» Provided records:
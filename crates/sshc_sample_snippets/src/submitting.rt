//! Messages of a handle's calls.

use sshc_client::Msg;
use sshc_handle_messages::forward;
use sshc_wire::NoMemory;
use std::alloc::Global;

/// The message that asks the server to listen on port 8080 of every address (RFC 4254, section 7.1).
pub fn forward_everywhere(alloc: Global) -> Result<Msg, NoMemory> {
    forward(alloc, "", 8080)
}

» Exercise instructions:
Your reply must repeat the records above exactly and in full.

» Exercise solution:
filename crates/sshc_sample_snippets/src/submitting.rt
//! Messages of a handle's calls.

use sshc_client::Msg;
use sshc_handle_messages::forward;
use sshc_wire::NoMemory;
use std::alloc::Global;

/// The message that asks the server to listen on port 8080 of every address (RFC 4254, section 7.1).
pub fn forward_everywhere(alloc: Global) -> Result<Msg, NoMemory> {
    forward(alloc, "", 8080)
}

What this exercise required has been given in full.